Action item → All lines in the material below that hold "Throws" should be found and copied.

Given information →
....................
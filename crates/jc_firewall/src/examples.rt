//! Examples of verdicts, which the prover computes from the table. Context 1 is active if no other is named; context 0
//! is the runtime's.

ghost use Rattle.std.specs.Prelude.{◌≡◌, false, true, None, Some};
ghost use Rattle.jc_store.specs.declared.kind.ClearingEvent.TheVariants.{Deselect, Reset};
ghost use Rattle.jc_store.specs.declared.kind.Mark.TheVariants.{GlobalArray, PermanentEntryPoint, Plain};
ghost use Rattle.jc_store.specs.declared.kind.Mark.TheVariants.{TemporaryEntryPoint};
ghost use Rattle.jc_firewall.specs.Examples.{array_in, object_in, service_in, storing};
ghost use Rattle.jc_firewall.specs.Verdict.{verdict_of};
ghost use Rattle.jc_firewall.specs.declared.access.Access.TheVariants.{ArrayLength, CheckCast, GetField};
ghost use Rattle.jc_firewall.specs.declared.access.Access.TheVariants.{InstanceOf, InvokeInterface, InvokeVirtual};
ghost use Rattle.jc_firewall.specs.declared.access.Access.TheVariants.{LoadComponent, PutField, PutReferenceField};
ghost use Rattle.jc_firewall.specs.declared.access.Access.TheVariants.{PutStaticReference, StoreComponent};
ghost use Rattle.jc_firewall.specs.declared.access.Access.TheVariants.{StoreReference, Throw};
ghost use Rattle.jc_firewall.specs.declared.access.Rule.TheVariants as rules;
ghost use Rattle.jc_firewall.specs.declared.access.Verdict.TheVariants.{Allowed, AllowedSwitch, Denied};

/// Static fields, and stored references. It does nothing.
pub fn references_are_stored()
    ensures own { verdict_of PutStaticReference 1 (object_in 1 Plain) ≡ Allowed }
    ensures foreign { verdict_of PutStaticReference 1 (object_in 2 Plain) ≡ Allowed }
    ensures permanent { verdict_of PutStaticReference 1 (storing PermanentEntryPoint) ≡ Allowed }
    ensures temporary { verdict_of PutStaticReference 1 (storing TemporaryEntryPoint) ≡ Denied rules.Storing }
    ensures global { verdict_of PutStaticReference 1 (storing GlobalArray) ≡ Denied rules.Storing }
    ensures temporary_in_field { verdict_of PutReferenceField 1 (storing TemporaryEntryPoint) ≡ Denied rules.Storing }
    ensures global_in_field { verdict_of PutReferenceField 1 (storing GlobalArray) ≡ Denied rules.Storing }
    ensures temporary_in_array { verdict_of StoreReference 1 (storing TemporaryEntryPoint) ≡ Denied rules.Storing }
    ensures global_in_array { verdict_of StoreReference 1 (storing GlobalArray) ≡ Denied rules.Storing }
{}

/// Fields. It does nothing.
pub fn fields_are_own()
    ensures own_read { verdict_of GetField 1 (object_in 1 Plain) ≡ Allowed }
    ensures own_written { verdict_of PutField 1 (object_in 1 Plain) ≡ Allowed }
    ensures own_reference { verdict_of PutReferenceField 1 (object_in 1 Plain) ≡ Allowed }
    ensures foreign_read { verdict_of GetField 1 (object_in 2 Plain) ≡ Denied rules.Fields }
    ensures foreign_written { verdict_of PutField 1 (object_in 2 Plain) ≡ Denied rules.Fields }
    ensures foreign_reference { verdict_of PutReferenceField 1 (object_in 2 Plain) ≡ Denied rules.Fields }
    ensures permanent { verdict_of GetField 1 (object_in 0 PermanentEntryPoint) ≡ Denied rules.Fields }
    ensures temporary { verdict_of GetField 1 (object_in 0 TemporaryEntryPoint) ≡ Denied rules.Fields }
{}

/// Components and lengths of arrays. It does nothing.
pub fn components_are_own_or_global()
    ensures own_read { verdict_of LoadComponent 1 (array_in 1 Plain None None) ≡ Allowed }
    ensures own_written { verdict_of StoreComponent 1 (array_in 1 Plain None None) ≡ Allowed }
    ensures own_reference { verdict_of StoreReference 1 (array_in 1 Plain None None) ≡ Allowed }
    ensures own_length { verdict_of ArrayLength 1 (array_in 1 Plain None None) ≡ Allowed }
    ensures foreign_read { verdict_of LoadComponent 1 (array_in 2 Plain None None) ≡ Denied rules.Components }
    ensures foreign_written { verdict_of StoreComponent 1 (array_in 2 Plain None None) ≡ Denied rules.Components }
    ensures foreign_reference { verdict_of StoreReference 1 (array_in 2 Plain None None) ≡ Denied rules.Components }
    ensures foreign_length { verdict_of ArrayLength 1 (array_in 2 Plain None None) ≡ Denied rules.Components }
    ensures global_read { verdict_of LoadComponent 1 (array_in 0 GlobalArray None None) ≡ Allowed }
    ensures global_written { verdict_of StoreComponent 1 (array_in 0 GlobalArray None None) ≡ Allowed }
    ensures global_length { verdict_of ArrayLength 1 (array_in 0 GlobalArray None None) ≡ Allowed }
{}

/// Arrays that are cleared on deselect. It does nothing.
pub fn cleared_arrays_are_of_the_selected_context()
    ensures selected { verdict_of LoadComponent 1 (array_in 1 Plain (Some Deselect) (Some 1)) ≡ Allowed }
    ensures other { verdict_of LoadComponent 1 (array_in 1 Plain (Some Deselect) (Some 2)) ≡ Denied rules.Selection }
    ensures none { verdict_of ArrayLength 1 (array_in 1 Plain (Some Deselect) None) ≡ Denied rules.Selection }
    ensures foreign { verdict_of StoreComponent 1 (array_in 2 Plain (Some Deselect) (Some 2)) ≡ Denied rules.Selection }
    ensures reset { verdict_of LoadComponent 1 (array_in 1 Plain (Some Reset) None) ≡ Allowed }
    ensures cast { verdict_of CheckCast 1 (array_in 1 Plain (Some Deselect) (Some 2)) ≡ Denied rules.Selection }
{}

/// Calls of virtual methods. It does nothing.
pub fn methods_are_own_or_the_runtimes()
    ensures own { verdict_of InvokeVirtual 1 (object_in 1 Plain) ≡ Allowed }
    ensures foreign { verdict_of InvokeVirtual 1 (object_in 2 Plain) ≡ Denied rules.Calls }
    ensures shareable { verdict_of InvokeVirtual 1 (service_in 2 Plain true) ≡ Denied rules.Calls }
    ensures permanent { verdict_of InvokeVirtual 1 (object_in 0 PermanentEntryPoint)
        ≡ AllowedSwitch (record { context = 0; instance = 0 }) }
    ensures temporary { verdict_of InvokeVirtual 1 (object_in 0 TemporaryEntryPoint)
        ≡ AllowedSwitch (record { context = 0; instance = 0 }) }
    ensures global { verdict_of InvokeVirtual 1 (array_in 0 GlobalArray None None)
        ≡ AllowedSwitch (record { context = 0; instance = 0 }) }
{}

/// Calls of methods of interfaces, shareable or not. It does nothing.
pub fn services_are_shared()
    ensures own { verdict_of InvokeInterface 1 (object_in 1 Plain) ≡ Allowed }
    ensures foreign { verdict_of InvokeInterface 1 (object_in 2 Plain) ≡ Denied rules.Calls }
    ensures permanent { verdict_of InvokeInterface 1 (object_in 0 PermanentEntryPoint)
        ≡ AllowedSwitch (record { context = 0; instance = 0 }) }
    ensures global { verdict_of InvokeInterface 1 (array_in 0 GlobalArray None None) ≡ Denied rules.Calls }
    ensures own_service { verdict_of InvokeInterface 1 (service_in 1 Plain false) ≡ Allowed }
    ensures service { verdict_of InvokeInterface 1 (service_in 2 Plain true)
        ≡ AllowedSwitch (record { context = 2; instance = 1 }) }
    ensures unshared { verdict_of InvokeInterface 1 (service_in 2 Plain false) ≡ Denied rules.SharedCalls }
    ensures service_of_the_runtime { verdict_of InvokeInterface 1 (service_in 0 PermanentEntryPoint false)
        ≡ AllowedSwitch (record { context = 0; instance = 0 }) }
    ensures global_service { verdict_of InvokeInterface 1 (service_in 0 GlobalArray false) ≡ Denied rules.SharedCalls }
{}

/// Exceptions. It does nothing.
pub fn thrown_objects_are_own_or_the_runtimes()
    ensures own { verdict_of Throw 1 (object_in 1 Plain) ≡ Allowed }
    ensures foreign { verdict_of Throw 1 (object_in 2 Plain) ≡ Denied rules.Throws }
    ensures shareable { verdict_of Throw 1 (service_in 2 Plain true) ≡ Denied rules.Throws }
    ensures permanent { verdict_of Throw 1 (object_in 0 PermanentEntryPoint) ≡ Allowed }
    ensures temporary { verdict_of Throw 1 (object_in 0 TemporaryEntryPoint) ≡ Allowed }
{}

/// Casts and tests of types. It does nothing.
pub fn casts_are_of_own_objects_or_of_services()
    ensures own { verdict_of CheckCast 1 (object_in 1 Plain) ≡ Allowed }
    ensures foreign { verdict_of CheckCast 1 (object_in 2 Plain) ≡ Denied rules.Casts }
    ensures foreign_tested { verdict_of InstanceOf 1 (object_in 2 Plain) ≡ Denied rules.Casts }
    ensures permanent { verdict_of CheckCast 1 (object_in 0 PermanentEntryPoint) ≡ Allowed }
    ensures service { verdict_of CheckCast 1 (service_in 2 Plain true) ≡ Allowed }
    ensures service_tested { verdict_of InstanceOf 1 (service_in 2 Plain true) ≡ Allowed }
    ensures unshared { verdict_of CheckCast 1 (service_in 2 Plain false) ≡ Denied rules.SharedCasts }
    ensures unshared_tested { verdict_of InstanceOf 1 (service_in 2 Plain false) ≡ Denied rules.SharedCasts }
    ensures own_unshared { verdict_of CheckCast 1 (service_in 1 Plain false) ≡ Allowed }
    ensures own_array { verdict_of CheckCast 1 (array_in 1 Plain None None) ≡ Allowed }
    ensures foreign_array { verdict_of InstanceOf 1 (array_in 2 Plain None None) ≡ Denied rules.Components }
    ensures global_array { verdict_of CheckCast 1 (array_in 0 GlobalArray None None) ≡ Allowed }
{}

/// The runtime is active. It does nothing.
pub fn all_is_allowed_to_the_runtime()
    ensures read { verdict_of GetField 0 (object_in 2 Plain) ≡ Allowed }
    ensures written { verdict_of StoreComponent 0 (array_in 2 Plain (Some Deselect) None) ≡ Allowed }
    ensures stored { verdict_of PutStaticReference 0 (storing TemporaryEntryPoint) ≡ Allowed }
    ensures called { verdict_of InvokeVirtual 0 (object_in 2 Plain)
        ≡ AllowedSwitch (record { context = 2; instance = 1 }) }
    ensures called_by_interface { verdict_of InvokeInterface 0 (service_in 2 Plain false)
        ≡ AllowedSwitch (record { context = 2; instance = 1 }) }
    ensures thrown { verdict_of Throw 0 (object_in 2 Plain) ≡ Allowed }
    ensures cast { verdict_of CheckCast 0 (object_in 2 Plain) ≡ Allowed }
{}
....................
Exercise result →
    ensures foreign { verdict_of Throw 1 (object_in 2 Plain) ≡ Denied rules.Throws }
    ensures shareable { verdict_of Throw 1 (service_in 2 Plain true) ≡ Denied rules.Throws }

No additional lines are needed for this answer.